**Brief:**
Reproduce all the data verbatim.

**Records for the task:**
/// Joins the rows so far with those of the fragment, and keeps the codes of the kept slots, where the cells are those of
/// the slots at the places. The key is one of the rows so far, and becomes one of what is kept.
fn join_slots<F: Whole>(
    alloc: Global,
    get: &Get,
    fragment: &F,
    places: &Slots,
    kept: &Slots,
    key: &mut Places,
    so_far: &mut Rows,
) -> Result<(), OutOfMemory>
    requires { IsAllowed (F.shape fragment.now) (map (λ link. link.column) get.now.inputs) }
    ensures { OnOk result ((row : List ℕ) → Contains so_far.new.rows row
        ↔ IsKept (map (λ slot. source_in places.now (Held slot)) kept.now)
        (IsJoin get.now so_far.old.rows (F.rows fragment.now)) row) }
{
    let sources = slot_sources(alloc, places, kept)?;
    let carried = Keyed {
        get,
        kept: &sources,
        key: &*key,
    };
    let own_key = key_before(alloc, &carried, so_far)?;
    let keyed = Keyed {
        get,
        kept: &sources,
        key: &own_key,
    };
    *key = join_rows(alloc, &keyed, fragment, so_far)?;
    Ok(())
}

/// Joins the rows so far with those of the fragment, and keeps of their slots those that are needed. The key is one of the
/// rows so far, and becomes one of what is kept.
fn follow<F: Whole>(
    alloc: Global,
    get: &Get,
    fragment: &F,
    needed: &Slots,
    places: &mut Slots,
    key: &mut Places,
    so_far: &mut Rows,
) -> Result<(), OutOfMemory>
    requires { IsAllowed (F.shape fragment.now) (map (λ link. link.column) get.now.inputs) }
    ensures { OnOk result ((places.new ≡ kept_slots needed.now places.old)
        × ((row : List ℕ) → Contains so_far.new.rows row
        ↔ IsKept (map (λ slot. source_in places.old (Held slot)) places.new)
        (IsJoin get.now so_far.old.rows (F.rows fragment.now)) row)) }
{
    let kept = kept_slots(alloc, needed, places)?;
    join_slots(alloc, get, fragment, places, &kept, key, so_far)?;
    *places = kept;
    Ok(())
}

/// Steps, with what joins in any order rest on: the arities of the rows that the gets give, and equations that say what
/// their filters do. The get of the number `first`, if there is one, is the first to be joined.
#[derive(Clone, Copy)]
pub(crate) struct Prepared<'a> {
    pub gets: &'a Gets,
    pub head: &'a Sources,
    pub arities: &'a Places,
    pub equations: &'a Equations,
    pub first: Option<usize>,
}

/// Rows so far: the numbers of the gets that are done, the slots of the cells, a key, that is, cells such that no two of
/// the rows have the same codes in all of them, and the rows.
#[derive(Drop)]
pub(crate) struct SoFar {
    pub done: Places,
    pub places: Slots,
    pub key: Places,
    pub rows: Rows,
}

/// Nothing done: one empty row.
pub(crate) fn nothing_done(alloc: Global) -> Result<SoFar, OutOfMemory>
    ensures { IfOk result (λ it. (it.done ≡ []) × (it.places ≡ []) × (it.rows.rows ≡ [] ∷ [])) }
{
    let mut rows = Rows::new(alloc, 0)?;
    rows.add(&[])?;
    Ok(SoFar {
        done: Values::new(alloc),
        places: List::new(alloc),
        key: Values::new(alloc),
        rows,
    })
}

/// Puts the get of the number and the slots of its row after those that are done.
fn push_done(
    steps: &Prepared,
    number: usize,
    done: &mut Places,
    places: &mut Slots,
) -> Result<(), OutOfMemory>
    requires { number < length steps.now.arities.now }
    ensures done { OnOk result (done.new ≡ done.old ++ number ∷ []) }
    ensures places { OnOk result ((arity : ℕ)
        × (slice_get steps.now.arities.now number ≡ Some arity)
        × (places.new ≡ places.old ++ slots_from number 0 arity)) }
{
    done.push(number)?;
    push_slots(places, number, steps.arities.item(number))
}

/// The get of the number as rows so far have it, which is done then: its inputs are told by the slots so far, its
/// filters are the equations that it decides, and the slots of its row are put after those so far.
fn own_get(
    alloc: Global,
    steps: &Prepared,
    number: usize,
    get: &Get,
    done: &mut Places,
    places: &mut Slots,
) -> Result<Get, OutOfMemory>
    requires { number < length steps.now.arities.now }
    ensures done { OnOk result (done.new ≡ done.old ++ number ∷ []) }
    ensures places { OnOk result ((arity : ℕ)
        × (slice_get steps.now.arities.now number ≡ Some arity)
        × (places.new ≡ places.old ++ slots_from number 0 arity)) }
    ensures inputs { IfOk result (λ it. it.inputs
        ≡ map (link_in places.old (take number steps.now.arities.now)) get.now.inputs) }
    ensures filters { IfOk result (λ it. it.filters
        ≡ flat_map (links_of number done.new places.new) steps.now.equations.now) }
{
    let inputs = links_in(alloc, places, first_of(steps.arities, number), &get.inputs)?;
    push_done(steps, number, done, places)?;
    let filters = links_at(alloc, number, done, places, steps.equations)?;
    Ok(Get {
        fragment: get.fragment,
        inputs,
        filters,
    })
}

/// Joins the rows so far with those of the fragment, and keeps of their slots those that the steps still need.
fn follow_on<F: Whole>(
    alloc: Global,
    steps: &Prepared,
    get: &Get,
    fragment: &F,
    so_far: &mut SoFar,
) -> Result<(), OutOfMemory>
    requires { IsAllowed (F.shape fragment.now) (map (λ link. link.column) get.now.inputs) }
    ensures done { so_far.new.done ≡ so_far.old.done }
    ensures rows { OnOk result ((so_far.new.places
        ≡ kept_slots (needed_slots steps.now.arities.now steps.now.gets.now steps.now.equations.now
        steps.now.head.now so_far.old.done) so_far.old.places)
        × ((row : List ℕ) → Contains so_far.new.rows.rows row
        ↔ IsKept (map (λ slot. source_in so_far.old.places (Held slot)) so_far.new.places)
        (IsJoin get.now so_far.old.rows.rows (F.rows fragment.now)) row)) }
{
    let needed = needed_slots(
        alloc,
        steps.arities,
        steps.gets,
        steps.equations,
        steps.head,
        &so_far.done,
    )?;
    follow(
        alloc,
        get,
        fragment,
        &needed,
        &mut so_far.places,
        &mut so_far.key,
        &mut so_far.rows,
    )
}

/// Joins the get of the number, which is not done and whose inputs are known.
fn take_turn<F: Whole>(
    alloc: Global,
    steps: &Prepared,
    fragments: &[F],
    number: usize,
    so_far: &mut SoFar,
) -> Result<(), OutOfMemory>
    requires runnable { AreRunnable (map F.shape fragments.now) steps.now.gets.now }
    requires arities { AreArities (IsRowOf (held_by (map F.rows fragments.now))) steps.now.gets.now
        steps.now.arities.now }
    requires there { number < length steps.now.gets.now }
    requires fresh { ¬ (Contains so_far.old.done number) }
    requires ready { (get : Get) → slice_get steps.now.gets.now number ≡ Some get
        → IsReady steps.now.arities.now so_far.old.done get number }
    requires under_way { IsSoFar (IsRowOf (held_by (map F.rows fragments.now)))
        steps.now so_far.old }
    ensures done { OnOk result (so_far.new.done ≡ so_far.old.done ++ number ∷ []) }
    ensures under_way { OnOk result (IsSoFar (IsRowOf (held_by (map F.rows fragments.now)))
        steps.now so_far.new) }
{
    let get = steps.gets.item(number);
    let own = own_get(
        alloc,
        steps,
        number,
        get,
        &mut so_far.done,
        &mut so_far.places,
    )?;
    follow_on(alloc, steps, &own, &fragments[get.fragment], so_far)
}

**Solved problem:**
/// Joins the rows so far with those of the fragment, and keeps the codes of the kept slots, where the cells are those of
/// the slots at the places. The key is one of the rows so far, and becomes one of what is kept.
fn join_slots<F: Whole>(
    alloc: Global,
    get: &Get,
    fragment: &F,
    places: &Slots,
    kept: &Slots,
    key: &mut Places,
    so_far: &mut Rows,
) -> Result<(), OutOfMemory>
    requires { IsAllowed (F.shape fragment.now) (map (λ link. link.column) get.now.inputs) }
    ensures { OnOk result ((row : List ℕ) → Contains so_far.new.rows row
        ↔ IsKept (map (λ slot. source_in places.now (Held slot)) kept.now)
        (IsJoin get.now so_far.old.rows (F.rows fragment.now)) row) }
{
    let sources = slot_sources(alloc, places, kept)?;
    let carried = Keyed {
        get,
        kept: &sources,
        key: &*key,
    };
    let own_key = key_before(alloc, &carried, so_far)?;
    let keyed = Keyed {
        get,
        kept: &sources,
        key: &own_key,
    };
    *key = join_rows(alloc, &keyed, fragment, so_far)?;
    Ok(())
}

/// Joins the rows so far with those of the fragment, and keeps of their slots those that are needed. The key is one of the
/// rows so far, and becomes one of what is kept.
fn follow<F: Whole>(
    alloc: Global,
    get: &Get,
    fragment: &F,
    needed: &Slots,
    places: &mut Slots,
    key: &mut Places,
    so_far: &mut Rows,
) -> Result<(), OutOfMemory>
    requires { IsAllowed (F.shape fragment.now) (map (λ link. link.column) get.now.inputs) }
    ensures { OnOk result ((places.new ≡ kept_slots needed.now places.old)
        × ((row : List ℕ) → Contains so_far.new.rows row
        ↔ IsKept (map (λ slot. source_in places.old (Held slot)) places.new)
        (IsJoin get.now so_far.old.rows (F.rows fragment.now)) row)) }
{
    let kept = kept_slots(alloc, needed, places)?;
    join_slots(alloc, get, fragment, places, &kept, key, so_far)?;
    *places = kept;
    Ok(())
}

/// Steps, with what joins in any order rest on: the arities of the rows that the gets give, and equations that say what
/// their filters do. The get of the number `first`, if there is one, is the first to be joined.
#[derive(Clone, Copy)]
pub(crate) struct Prepared<'a> {
    pub gets: &'a Gets,
    pub head: &'a Sources,
    pub arities: &'a Places,
    pub equations: &'a Equations,
    pub first: Option<usize>,
}

/// Rows so far: the numbers of the gets that are done, the slots of the cells, a key, that is, cells such that no two of
/// the rows have the same codes in all of them, and the rows.
#[derive(Drop)]
pub(crate) struct SoFar {
    pub done: Places,
    pub places: Slots,
    pub key: Places,
    pub rows: Rows,
}

/// Nothing done: one empty row.
pub(crate) fn nothing_done(alloc: Global) -> Result<SoFar, OutOfMemory>
    ensures { IfOk result (λ it. (it.done ≡ []) × (it.places ≡ []) × (it.rows.rows ≡ [] ∷ [])) }
{
    let mut rows = Rows::new(alloc, 0)?;
    rows.add(&[])?;
    Ok(SoFar {
        done: Values::new(alloc),
        places: List::new(alloc),
        key: Values::new(alloc),
        rows,
    })
}

/// Puts the get of the number and the slots of its row after those that are done.
fn push_done(
    steps: &Prepared,
    number: usize,
    done: &mut Places,
    places: &mut Slots,
) -> Result<(), OutOfMemory>
    requires { number < length steps.now.arities.now }
    ensures done { OnOk result (done.new ≡ done.old ++ number ∷ []) }
    ensures places { OnOk result ((arity : ℕ)
        × (slice_get steps.now.arities.now number ≡ Some arity)
        × (places.new ≡ places.old ++ slots_from number 0 arity)) }
{
    done.push(number)?;
    push_slots(places, number, steps.arities.item(number))
}

/// The get of the number as rows so far have it, which is done then: its inputs are told by the slots so far, its
/// filters are the equations that it decides, and the slots of its row are put after those so far.
fn own_get(
    alloc: Global,
    steps: &Prepared,
    number: usize,
    get: &Get,
    done: &mut Places,
    places: &mut Slots,
) -> Result<Get, OutOfMemory>
    requires { number < length steps.now.arities.now }
    ensures done { OnOk result (done.new ≡ done.old ++ number ∷ []) }
    ensures places { OnOk result ((arity : ℕ)
        × (slice_get steps.now.arities.now number ≡ Some arity)
        × (places.new ≡ places.old ++ slots_from number 0 arity)) }
    ensures inputs { IfOk result (λ it. it.inputs
        ≡ map (link_in places.old (take number steps.now.arities.now)) get.now.inputs) }
    ensures filters { IfOk result (λ it. it.filters
        ≡ flat_map (links_of number done.new places.new) steps.now.equations.now) }
{
    let inputs = links_in(alloc, places, first_of(steps.arities, number), &get.inputs)?;
    push_done(steps, number, done, places)?;
    let filters = links_at(alloc, number, done, places, steps.equations)?;
    Ok(Get {
        fragment: get.fragment,
        inputs,
        filters,
    })
}

/// Joins the rows so far with those of the fragment, and keeps of their slots those that the steps still need.
fn follow_on<F: Whole>(
    alloc: Global,
    steps: &Prepared,
    get: &Get,
    fragment: &F,
    so_far: &mut SoFar,
) -> Result<(), OutOfMemory>
    requires { IsAllowed (F.shape fragment.now) (map (λ link. link.column) get.now.inputs) }
    ensures done { so_far.new.done ≡ so_far.old.done }
    ensures rows { OnOk result ((so_far.new.places
        ≡ kept_slots (needed_slots steps.now.arities.now steps.now.gets.now steps.now.equations.now
        steps.now.head.now so_far.old.done) so_far.old.places)
        × ((row : List ℕ) → Contains so_far.new.rows.rows row
        ↔ IsKept (map (λ slot. source_in so_far.old.places (Held slot)) so_far.new.places)
        (IsJoin get.now so_far.old.rows.rows (F.rows fragment.now)) row)) }
{
    let needed = needed_slots(
        alloc,
        steps.arities,
        steps.gets,
        steps.equations,
        steps.head,
        &so_far.done,
    )?;
    follow(
        alloc,
        get,
        fragment,
        &needed,
        &mut so_far.places,
        &mut so_far.key,
        &mut so_far.rows,
    )
}

/// Joins the get of the number, which is not done and whose inputs are known.
fn take_turn<F: Whole>(
    alloc: Global,
    steps: &Prepared,
    fragments: &[F],
    number: usize,
    so_far: &mut SoFar,
) -> Result<(), OutOfMemory>
    requires runnable { AreRunnable (map F.shape fragments.now) steps.now.gets.now }
    requires arities { AreArities (IsRowOf (held_by (map F.rows fragments.now))) steps.now.gets.now
        steps.now.arities.now }
    requires there { number < length steps.now.gets.now }
    requires fresh { ¬ (Contains so_far.old.done number) }
    requires ready { (get : Get) → slice_get steps.now.gets.now number ≡ Some get
        → IsReady steps.now.arities.now so_far.old.done get number }
    requires under_way { IsSoFar (IsRowOf (held_by (map F.rows fragments.now)))
        steps.now so_far.old }
    ensures done { OnOk result (so_far.new.done ≡ so_far.old.done ++ number ∷ []) }
    ensures under_way { OnOk result (IsSoFar (IsRowOf (held_by (map F.rows fragments.now)))
        steps.now so_far.new) }
{
    let get = steps.gets.item(number);
    let own = own_get(
        alloc,
        steps,
        number,
        get,
        &mut so_far.done,
        &mut so_far.places,
    )?;
    follow_on(alloc, steps, &own, &fragments[get.fragment], so_far)
}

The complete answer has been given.